[Collected data entries]
· · · · · · ·

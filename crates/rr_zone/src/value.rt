// Values of lines with their moments of UTC in local time.
ghost use Rattle.std.specs.Prelude.{◌≡◌, ◌+ℤ◌, ◌++◌, ◌∷◌, [], codes, option_map, IfOk, IfSome, OnOk, Some};
ghost use Rattle.rr_model.specs.Moment.Years.{IsInYears};
ghost use Rattle.rr_model.specs.Text.Moments.{basic};
ghost use Rattle.rr_model.specs.Text.RuleValues.{pieces};
ghost use Rattle.rr_model.specs.Text.UsedLines.{trim};
ghost use Rattle.rr_model.specs.Text.Written.{basic_text};
ghost use Rattle.rr_model.specs.declared.kind.Kind.TheVariants.{Moments};
ghost use Rattle.rr_text.specs.Appending.{Appends};
ghost use Rattle.rr_zone.specs.Values.{IsWritable, behind_commas, date_as, in_years, local_dates, local_moment, local_part, local_rule, text_as, utc_date, utc_text_as, utc_value, utc_written_by, written, written_as, written_by};
ghost use Rattle.rr_zone.specs.Moments.{utc_moment};
ghost use Rattle.rr_zone.specs.OtherZones.{if_all};
ghost use Rattle.rr_zone.specs.Clocks.{local_time};

use crate::clock::{Clock, LocalTime};
use rr_ical::is_same_name;
use rr_model::{Kind, NoMemory, Stamp};
use rr_text::{basic, later_in_years, push_basic, split_once, trim};
use std::alloc::Global;

/// What a moment states in a line of an event.
#[derive(Clone, Copy)]
pub(crate) enum Role {
    /// The UNTIL of a rule.
    End,
    /// A date of EXDATE, which is taken out.
    Exception,
    /// A date of RDATE, or the start of an instance.
    Date,
    /// The value of RECURRENCE-ID, which names an occurrence.
    Identity,
}

/// How a date value is written.
#[derive(Clone, Copy)]
pub(crate) enum Written {
    /// As it stands in the text.
    Kept,
    /// Not at all: it is left out of its list.
    LeftOut,
    /// As this moment of local time, in seconds since 1970-01-01T00:00:00.
    At(i64),
}

// A date value as a moment of local time that is `later` seconds later, if that is one of the years 1 to 9999.
fn written_at(at: i64, later: i32) -> Written
    ensures value { result ≡ in_years (Written.At (at +ℤ later)) }
    ensures years { IsWritable result }
{
    match later_in_years(at, later) {
        Some(at) => Written::At(at),
        None => Written::Kept,
    }
}

// How a moment is written whose local time is shown twice, in the second pass.
fn written_again(role: Role, first: i64) -> Written
    ensures value { result ≡ in_years (written role (LocalTime.Again first)) }
    ensures years { IsWritable result }
{
    match role {
        Role::End => written_at(first, -1),
        Role::Exception => Written::LeftOut,
        Role::Date | Role::Identity => Written::Kept,
    }
}

// How a moment is written while local times that were skipped name moments too.
fn written_skipping(role: Role, at: i64) -> Written
    ensures value { result ≡ in_years (written role (LocalTime.Skipping at)) }
    ensures years { IsWritable result }
{
    match role {
        Role::Date => written_at(at, 0),
        Role::End | Role::Exception | Role::Identity => Written::Kept,
    }
}

// How a moment of UTC is written by its local time.
fn written_in(role: Role, time: LocalTime) -> Written
    ensures value { result ≡ in_years (written role time) }
    ensures years { IsWritable result }
{
    match time {
        LocalTime::Once(at) => written_at(at, 0),
        LocalTime::Again(first) => written_again(role, first),
        LocalTime::Skipping(at) => written_skipping(role, at),
    }
}

// How a date value that states this is written.
fn written_by(
    alloc: Global,
    clock: &mut Clock,
    role: Role,
    stamp: Stamp,
) -> Result<Written, NoMemory>
    requires { IsInYears stamp.kind stamp.at }
    ensures value { IfOk result (λ x. x ≡ written_by (local_time clock.old) role (Some stamp)) }
    ensures years { IfOk result IsWritable }
    ensures clock { clock.new ≡ clock.old }
{
    if !stamp.kind.is_same(Kind::Moments) || !stamp.utc {
        return Ok(Written::Kept);
    }
    let time = clock.local_time(alloc, stamp.at)?;
    Ok(written_in(role, time))
}

// How a date value is written.
fn written_as(
    alloc: Global,
    clock: &mut Clock,
    role: Role,
    text: &[u8],
) -> Result<Written, NoMemory>
    ensures value { IfOk result (λ x. x ≡ written_as (local_time clock.old) role text.now) }
    ensures years { IfOk result IsWritable }
    ensures clock { clock.new ≡ clock.old }
{
    match basic(trim(text)) {
        Some(stamp) => written_by(alloc, clock, role, stamp),
        None => Ok(Written::Kept),
    }
}

// A date value that is written so.
fn push_text(out: &mut Vec<u8>, text: &[u8], written: Written) -> Result<(), NoMemory>
    requires { IsWritable written }
    ensures { OnOk result (Appends out.old out.new (text_as text.now written)) }
{
    match written {
        Written::At(at) => push_basic(out, Kind::Moments, at),
        Written::Kept | Written::LeftOut => {
            out.extend_from_slice(text)?;
            Ok(())
        }
    }
}

/// Appends a date value: a moment of UTC in local time, and any other as it is.
pub(crate) fn push_moment(
    alloc: Global,
    out: &mut Vec<u8>,
    clock: &mut Clock,
    role: Role,
    text: &[u8],
) -> Result<(), NoMemory>
    ensures value { OnOk result (Appends out.old out.new
        (local_moment (local_time clock.old) role text.now)) }
    ensures clock { clock.new ≡ clock.old }
{
    let written = written_as(alloc, clock, role, text)?;
    push_text(out, text, written)
}

// A date value that is written so, behind a comma, if it is not left out.
fn push_behind_comma(out: &mut Vec<u8>, text: &[u8], written: Written) -> Result<(), NoMemory>
    requires { IsWritable written }
    ensures { OnOk result (Appends out.old out.new (date_as text.now written)) }
{
    if matches!(written, Written::LeftOut) {
        return Ok(());
    }
    out.push(b',')?;
    push_text(out, text, written)
}

// Appends a date value behind a comma, if it is not left out.
fn push_date(
    alloc: Global,
    out: &mut Vec<u8>,
    clock: &mut Clock,
    role: Role,
    text: &[u8],
) -> Result<(), NoMemory>
    ensures value { OnOk result (Appends out.old out.new
        (date_as text.now (written_as (local_time clock.old) role text.now))) }
    ensures clock { clock.new ≡ clock.old }
{
    let written = written_as(alloc, clock, role, text)?;
    push_behind_comma(out, text, written)
}

/// The date values between commas that are not left out, each behind a comma.
pub(crate) fn push_dates(
    alloc: Global,
    out: &mut Vec<u8>,
    clock: &mut Clock,
    role: Role,
    text: &[u8],
) -> Result<(), NoMemory>
    ensures value { OnOk result (Appends out.old out.new
        (behind_commas (local_dates (local_time clock.old) role (pieces 44 text.now)))) }
    ensures clock { clock.new ≡ clock.old }
{
    let mut rest = text;
    while let Some((piece, after)) = split_once(rest, b',') {
        push_date(alloc, out, clock, role, piece)?;
        rest = after;
    }
    push_date(alloc, out, clock, role, rest)
}

// How a date value that states this is written in UTC, if its moment can be told.
fn utc_written_by(
    alloc: Global,
    clock: &mut Clock,
    stamp: Stamp,
) -> Result<Option<Written>, NoMemory>
    requires { IsInYears stamp.kind stamp.at }
    ensures value { IfOk result (λ x. x ≡ utc_written_by (utc_moment clock.old) (Some stamp)) }
    ensures years { IfOk result (λ x. IfSome x IsWritable) }
    ensures clock { clock.new ≡ clock.old }
{
    if !stamp.kind.is_same(Kind::Moments) || stamp.utc {
        return Ok(Some(Written::Kept));
    }
    match clock.moment(alloc, stamp.at)? {
        Some(at) => Ok(Some(Written::At(at))),
        None => Ok(None),
    }
}

// How a date value is written in UTC, if its moment can be told.
fn utc_written(alloc: Global, clock: &mut Clock, text: &[u8]) -> Result<Option<Written>, NoMemory>
    ensures value { IfOk result (λ x. x ≡ utc_written_by (utc_moment clock.old) (basic (trim text.now))) }
    ensures years { IfOk result (λ x. IfSome x IsWritable) }
    ensures clock { clock.new ≡ clock.old }
{
    match basic(trim(text)) {
        Some(stamp) => utc_written_by(alloc, clock, stamp),
        None => Ok(Some(Written::Kept)),
    }
}

// Appends a moment of UTC in the basic form, with its `Z`.
fn push_utc(out: &mut Vec<u8>, at: i64) -> Result<(), NoMemory>
    requires { IsInYears Moments at }
    ensures { OnOk result (Appends out.old out.new (basic_text Moments at ++ codes "Z")) }
{
    push_basic(out, Kind::Moments, at)?;
    out.push(b'Z')?;
    Ok(())
}

// A date value that is written so in UTC.
fn push_utc_text(out: &mut Vec<u8>, text: &[u8], written: Written) -> Result<(), NoMemory>
    requires { IsWritable written }
    ensures { OnOk result (Appends out.old out.new (utc_text_as text.now written)) }
{
    match written {
        Written::At(at) => push_utc(out, at),
        Written::Kept | Written::LeftOut => {
            out.extend_from_slice(text)?;
            Ok(())
        }
    }
}

// A date value in UTC, and whether its moment can be told.
fn push_utc_date(
    alloc: Global,
    out: &mut Vec<u8>,
    clock: &mut Clock,
    text: &[u8],
) -> Result<bool, NoMemory>
    ensures value { IfOk result (λ is. if_all is out.new.items
        ≡ option_map (λ date. out.old.items ++ date) (utc_date (utc_moment clock.old) text.now)) }
    ensures clock { clock.new ≡ clock.old }
{
    match utc_written(alloc, clock, text)? {
        Some(written) => {
            push_utc_text(out, text, written)?;
            Ok(true)
        }
        None => Ok(false),
    }
}

/// The date values between commas in UTC, and whether the moments of all can be told. Otherwise the text is in pieces.
pub(crate) fn push_utc_value(
    alloc: Global,
    out: &mut Vec<u8>,
    clock: &mut Clock,
    text: &[u8],
) -> Result<bool, NoMemory>
    ensures value { IfOk result (λ is. if_all is out.new.items
        ≡ option_map (λ new. out.old.items ++ new) (utc_value (utc_moment clock.old) text.now)) }
    ensures clock { clock.new ≡ clock.old }
{
    let mut rest = text;
    while let Some((piece, after)) = split_once(rest, b',') {
        if !push_utc_date(alloc, out, clock, piece)? {
            return Ok(false);
        }
        out.push(b',')?;
        rest = after;
    }
    push_utc_date(alloc, out, clock, rest)
}

// Appends UNTIL with its value in local time.
fn push_until(
    alloc: Global,
    out: &mut Vec<u8>,
    clock: &mut Clock,
    name: &[u8],
    value: &[u8],
) -> Result<(), NoMemory>
    ensures value { OnOk result (Appends out.old out.new ((name.now ++ codes "=")
        ++ local_moment (local_time clock.old) Role.End value.now)) }
    ensures clock { clock.new ≡ clock.old }
{
    out.extend_from_slice(name)?;
    out.push(b'=')?;
    push_moment(alloc, out, clock, Role::End, value)
}

// Appends a part of a rule: UNTIL in local time, and any other as it is.
fn push_part(
    alloc: Global,
    out: &mut Vec<u8>,
    clock: &mut Clock,
    text: &[u8],
) -> Result<(), NoMemory>
    ensures value { OnOk result (Appends out.old out.new
        (local_part (local_time clock.old) text.now)) }
    ensures clock { clock.new ≡ clock.old }
{
    match split_once(text, b'=') {
        Some((name, value)) if is_same_name(trim(name), b"UNTIL") => push_until(
            alloc, out, clock, name, value,
        ),
        _ => {
            out.extend_from_slice(text)?;
            Ok(())
        }
    }
}

// A part of a rule before a semicolon.
fn push_before_semicolon(
    alloc: Global,
    out: &mut Vec<u8>,
    clock: &mut Clock,
    text: &[u8],
) -> Result<(), NoMemory>
    ensures value { OnOk result (Appends out.old out.new
        (local_part (local_time clock.old) text.now ++ 59 ∷ [])) }
    ensures clock { clock.new ≡ clock.old }
{
    push_part(alloc, out, clock, text)?;
    out.push(b';')?;
    Ok(())
}

/// A rule with its UNTIL in local time.
pub(crate) fn push_rule(
    alloc: Global,
    out: &mut Vec<u8>,
    clock: &mut Clock,
    text: &[u8],
) -> Result<(), NoMemory>
    ensures value { OnOk result (Appends out.old out.new
        (local_rule (local_time clock.old) text.now)) }
    ensures clock { clock.new ≡ clock.old }
{
    let mut rest = text;
    while let Some((piece, after)) = split_once(rest, b';') {
        push_before_semicolon(alloc, out, clock, piece)?;
        rest = after;
    }
    push_part(alloc, out, clock, rest)
}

· · · · · · ·

Problem to work on: Among the lines of the data, some contain the word "whether". How many are there? Reply with the number alone.

Output for this exercise: 2